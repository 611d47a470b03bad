// What a byte code does to the parts of a state, each lent by itself: endings, the history, the areas, a command that goes out.
#![tactic(auto)]

ghost use Rattle.std.specs.Prelude.{◌≡◌, true, false, cond, is_ok, ◌∷◌, [], ℕ, ◌≤◌, ◌<◌, length, take, set, Ok};
ghost use Rattle.rules.specs.Bytes.{part};
ghost use Rattle.rules.specs.Loader.{judge};
ghost use Rattle.rules.specs.Tlvs.{tlvs};
ghost use Rattle.rules.specs.Pieces.{named};
ghost use Rattle.rules.specs.Page.{keep_list, password, bytes_of, service, entry_of};
ghost use Rattle.rules.specs.Store.{wrote, no_room, write};
ghost use Rattle.rules.specs.Value.{joined, shortest};
ghost use Rattle.rules.specs.Step.{set_all};
ghost use Rattle.variable.specs.View.{view};
ghost use Rattle.records.specs.Records.{tidy_records};
ghost use Rattle.rules.specs.Card.{held};
ghost use Rattle.rules.specs.Keep.{kept_by, guard_by};
ghost use Rattle.rules.specs.Reference.{target};
ghost use Rattle.rules.specs.Trail.{last, lowered};
ghost use Rattle.slots.specs.Slots.{slots, tidy_slots};
ghost use Rattle.pour.specs.Pour.{blank, poured};
ghost use Rattle.trail.specs.Trail.{history_of, tidy_trail};
ghost use Rattle.word.specs.Word.{laid_marked, word_in, guard_of, tidy_guard, tidy_wanted};
ghost use Rattle.leaving.specs.Leaving.{entry_for, left_by};
ghost use Rattle.parts.specs.declared.Turn.TheVariants.{Nowhere, Unit as UnitAt, Page};
ghost use Rattle.parts.specs.Parts.{laid, command_of, turn_to, turn_of};

use rules::{Outcome, Ran, Target, Tlv};
use state::State;
use variable::View;
use writing::NoMemory;

// The state after a run, with what ended it and the steps that it took.
#[derive(Clone, Copy)]
pub struct Course {
    pub state: State,
    pub ran: Ran,
}

// Where going back leads: nowhere, to a unit of the page, or to another page.
#[derive(Clone, Copy)]
pub enum Turn {
    Nowhere,
    Unit(usize),
    Page,
}

// A branch leaves a unit: '05' becomes '0000', and the unit is added to the history.
#[tactic(auto, using(crate::proofs::PartLaws::left_is))]
pub fn leave_unit(
    environment: &mut [u8; 16640],
    trail: &mut [u8; 1058],
    page: &[u8; 4096],
    len: usize,
    unit: usize,
)
    ensures trail_after { judge (take len page.now) ≡ Ok tt → history_of trail.new ≡ left_by (entry_for (take len page.now) unit) (history_of trail.old) }
    ensures trail_after_2 { tidy_trail trail.old ≡ true → tidy_trail trail.new ≡ true }
    ensures environment_after { slots environment.new ≡ set (slots environment.old) 5 (held 3 (0 ∷ 0 ∷ [])) }
    ensures environment_after_2 { tidy_slots environment.old ≡ true → tidy_slots environment.new ≡ true }
{
    state::note(environment, 0, 0);
    let mut entry = [0u8; 65];
    let n = leaving::entry_into(&mut entry, state::page_of(page, len), unit);
    leaving::leave(trail, &entry, n);
}

// '05' becomes '0000' where a byte code ended the page.
#[tactic(auto, using(crate::proofs::PartLaws::note_laws))]
pub fn note_end(environment: &mut [u8; 16640], done: bool)
    ensures environment_after { slots environment.new ≡ cond done (set (slots environment.old) 5 (held 3 (0 ∷ 0 ∷ []))) (slots environment.old) }
    ensures environment_after_2 { tidy_slots environment.old ≡ true → tidy_slots environment.new ≡ true }
{
    if done {
        state::note(environment, 0, 0);
    }
}

// The page ends: the keep rule, and a state at rest by the parts that are left.
pub fn end_page<'a>(
    environment: &'a [u8; 16640],
    temporary: &mut [u8; 16640],
    permanent: &'a [u8; 17920],
    trail: &'a [u8; 1058],
    guard: &mut [u8; 18],
    wanted: &'a [u8; 66],
    page: &'a [u8; 4096],
    len: usize,
    outcome: Outcome,
    count: usize,
) -> Course
    ensures value { result ≡ record { state = laid (blank 4096) 0 environment.now temporary.new permanent.now trail.now guard.new (blank 257) wanted.now 0 0; ran = record { outcome = outcome; count = count } } }
    ensures temporary_after { slots temporary.new ≡ kept_by (take len page.now) (keep_list (take len page.now)) (slots temporary.old) }
    ensures temporary_after_2 { tidy_slots temporary.old ≡ true → tidy_slots temporary.new ≡ true }
    ensures guard_after { length (bytes_of (take len page.now) (password (take len page.now))) ≤ 16 → guard_of guard.new ≡ guard_by (take len page.now) (password (take len page.now)) }
    ensures guard_after_2 { tidy_guard guard.old ≡ true → tidy_guard guard.new ≡ true }
{
    let lent = state::page_of(page, len);
    keep::keep_temporary(temporary, lent);
    keep::keep_guard(guard, lent);
    Course {
        state: State {
            page: [0; 4096],
            len: 0,
            environment: *environment,
            temporary: *temporary,
            permanent: *permanent,
            trail: *trail,
            guard: *guard,
            hand: [0; 257],
            wanted: *wanted,
            unit: 0,
            place: 0,
        },
        ran: Ran { outcome, count },
    }
}

// The command of an Execute USAT Command: its length, and, where that is at most 255, the command in hand and in the lent buffer.
pub fn send_command<'a>(
    page: &'a [u8; 4096],
    len: usize,
    env: &'a [u8; 16640],
    temp: &'a [u8; 16640],
    perm: &'a [u8; 17920],
    tlv: Tlv,
    hand: &mut [u8; 257],
    out: &mut [u8],
) -> usize
    requires { (tlv.start ≤ tlv.stop) × (tlv.stop ≤ length (take len page.now)) × (255 ≤ length out.old) }
    ensures value { result ≡ length (command_of (take len page.now) env.now temp.now perm.now tlv.tag tlv.start tlv.stop) }
    ensures hand_after { result ≤ 255 → (hand.new ≡ laid_marked 257 (command_of (take len page.now) env.now temp.now perm.now tlv.tag tlv.start tlv.stop)) × (out.new ≡ poured out.old 0 (command_of (take len page.now) env.now temp.now perm.now tlv.tag tlv.start tlv.stop)) }
    ensures hand_unchanged { 255 < result → (hand.new ≡ hand.old) × (out.new ≡ out.old) }
{
    let mut command: [u8; 256] = [0; 256];
    let view = View {
        page: state::page_of(page, len),
        environment: env,
        temporary: temp,
        permanent: perm,
    };
    let n = command::command_into(view, tlv, &mut command);
    if 255 < n {
        return n;
    }
    let text = slice::part_of(&command[..], 0, n);
    word::hold(hand, text);
    pour::pour(out, 0, text);
    n
}

// The reference wanted, from a place of the page up to another.
pub fn want_from(wanted: &mut [u8; 66], page: &[u8; 4096], len: usize, start: usize, stop: usize)
    ensures wanted_after { length (part (take len page.now) start stop) ≤ 65 → word_in wanted.new ≡ part (take len page.now) start stop }
    ensures wanted_after_2 { tidy_wanted wanted.old ≡ true → tidy_wanted wanted.new ≡ true }
{
    moving::want(
        wanted,
        slice::part_of(state::page_of(page, len), start, stop),
    );
}

// Back to a unit, or to a page whose reference is then wanted.
fn turn_to(wanted: &mut [u8; 66], page: &[u8; 4096], len: usize, entry: &[u8]) -> Turn
    ensures value { result ≡ turn_to (target (take len page.now) entry.now) }
    ensures wanted_after { result ≡ Page → length entry.now ≤ 65 → word_in wanted.new ≡ entry.now }
    ensures by_index { (k : ℕ) → result ≡ UnitAt k → wanted.new ≡ wanted.old }
    ensures wanted_after_2 { tidy_wanted wanted.old ≡ true → tidy_wanted wanted.new ≡ true }
{
    match reference::target(state::page_of(page, len), entry) {
        Target::Unit(k) => Turn::Unit(k),
        Target::Lacking => {
            moving::want(wanted, entry);
            Turn::Page
        }
        Target::Other => {
            moving::want(wanted, entry);
            Turn::Page
        }
    }
}

// 8.4 Go Back: the entry at the pointer, which moves down.
pub fn turn_back(
    trail: &mut [u8; 1058],
    wanted: &mut [u8; 66],
    page: &[u8; 4096],
    len: usize,
) -> Turn
    ensures value { result ≡ turn_of (take len page.now) (history_of trail.old) }
    ensures trail_unchanged { result ≡ Nowhere → (trail.new ≡ trail.old) × (wanted.new ≡ wanted.old) }
    ensures by_index { (k : ℕ) → result ≡ UnitAt k → (history_of trail.new ≡ lowered (history_of trail.old)) × (wanted.new ≡ wanted.old) }
    ensures trail_after { result ≡ Page → history_of trail.new ≡ lowered (history_of trail.old) }
    ensures wanted_after { result ≡ Page → length (last (history_of trail.old)) ≤ 65 → word_in wanted.new ≡ last (history_of trail.old) }
    ensures trail_after_2 { tidy_trail trail.old ≡ true → tidy_trail trail.new ≡ true }
    ensures wanted_after_2 { tidy_wanted wanted.old ≡ true → tidy_wanted wanted.new ≡ true }
{
    if trail::pointer_of(trail) == 0 {
        return Turn::Nowhere;
    }
    let before = *trail;
    let entry = trail::last_entry(&before);
    trail::lower(trail);
    turn_to(wanted, page, len, entry)
}

// The first byte code of a unit.
#[tactic(auto, using(crate::proofs::PartLaws::entry_lent))]
pub fn entry_at(page: &[u8; 4096], len: usize, k: usize) -> usize
    ensures { result ≡ entry_of (take len page.now) k }
{
    unit::entry_of(state::page_of(page, len), k)
}

// The pairs of a Set Variable, all or none.
#[tactic(auto, using(storing::proofs::StoreLaws::bound_laws, crate::proofs::PartLaws::set_lent))]
pub fn set_all<'a>(
    page: &'a [u8; 4096],
    len: usize,
    env: &'a [u8; 16640],
    temp: &mut [u8; 16640],
    perm: &mut [u8; 17920],
    start: usize,
    stop: usize,
) -> Result<(), NoMemory>
    requires { (start ≤ stop) × (stop ≤ length (take len page.now)) × (length (service (take len page.now)) ≤ 16) }
    ensures perm_value { set_all (tlvs 1 (take len page.now) start stop) (view (take len page.now) env.now temp.old perm.old) ≡ cond (is_ok result) (wrote (view (take len page.now) env.now temp.new perm.new)) no_room }
    ensures temp_unchanged { is_ok result ≡ false → (temp.new ≡ temp.old) × (perm.new ≡ perm.old) }
    ensures temp_after { tidy_slots temp.old ≡ true → tidy_slots temp.new ≡ true }
    ensures perm_after { tidy_records perm.old ≡ true → tidy_records perm.new ≡ true }
{
    whole::set_all(state::page_of(page, len), env, temp, perm, start, stop)
}

// The length of a list, stored or not.
#[tactic(auto, using(storing::proofs::StoreLaws::bound_laws, crate::proofs::PartLaws::length_lent))]
pub fn set_length<'a>(
    page: &'a [u8; 4096],
    len: usize,
    env: &'a [u8; 16640],
    temp: &mut [u8; 16640],
    perm: &mut [u8; 17920],
    n: u8,
    from: usize,
    to: usize,
) -> Result<(), NoMemory>
    requires { (to ≤ length (take len page.now)) × (length (service (take len page.now)) ≤ 16) }
    ensures to_value { write (view (take len page.now) env.now temp.old perm.old) n 3 (shortest (length (joined (view (take len page.now) env.now temp.old perm.old) (named (part (take len page.now) from to))))) ≡ cond (is_ok result) (wrote (view (take len page.now) env.now temp.new perm.new)) no_room }
    ensures temp_unchanged { is_ok result ≡ false → (temp.new ≡ temp.old) × (perm.new ≡ perm.old) }
    ensures temp_after { tidy_slots temp.old ≡ true → tidy_slots temp.new ≡ true }
    ensures perm_after { tidy_records perm.old ≡ true → tidy_records perm.new ≡ true }
{
    whole::set_length(state::page_of(page, len), env, temp, perm, n, from, to)
}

■ **Exercise objective**:
Whenever the word "judge" occurs in a line of the listing above, return that line.

■ **Answer to the exercise**:
ghost use Rattle.rules.specs.Loader.{judge};
    ensures trail_after { judge (take len page.now) ≡ Ok tt → history_of trail.new ≡ left_by (entry_for (take len page.now) unit) (history_of trail.old) }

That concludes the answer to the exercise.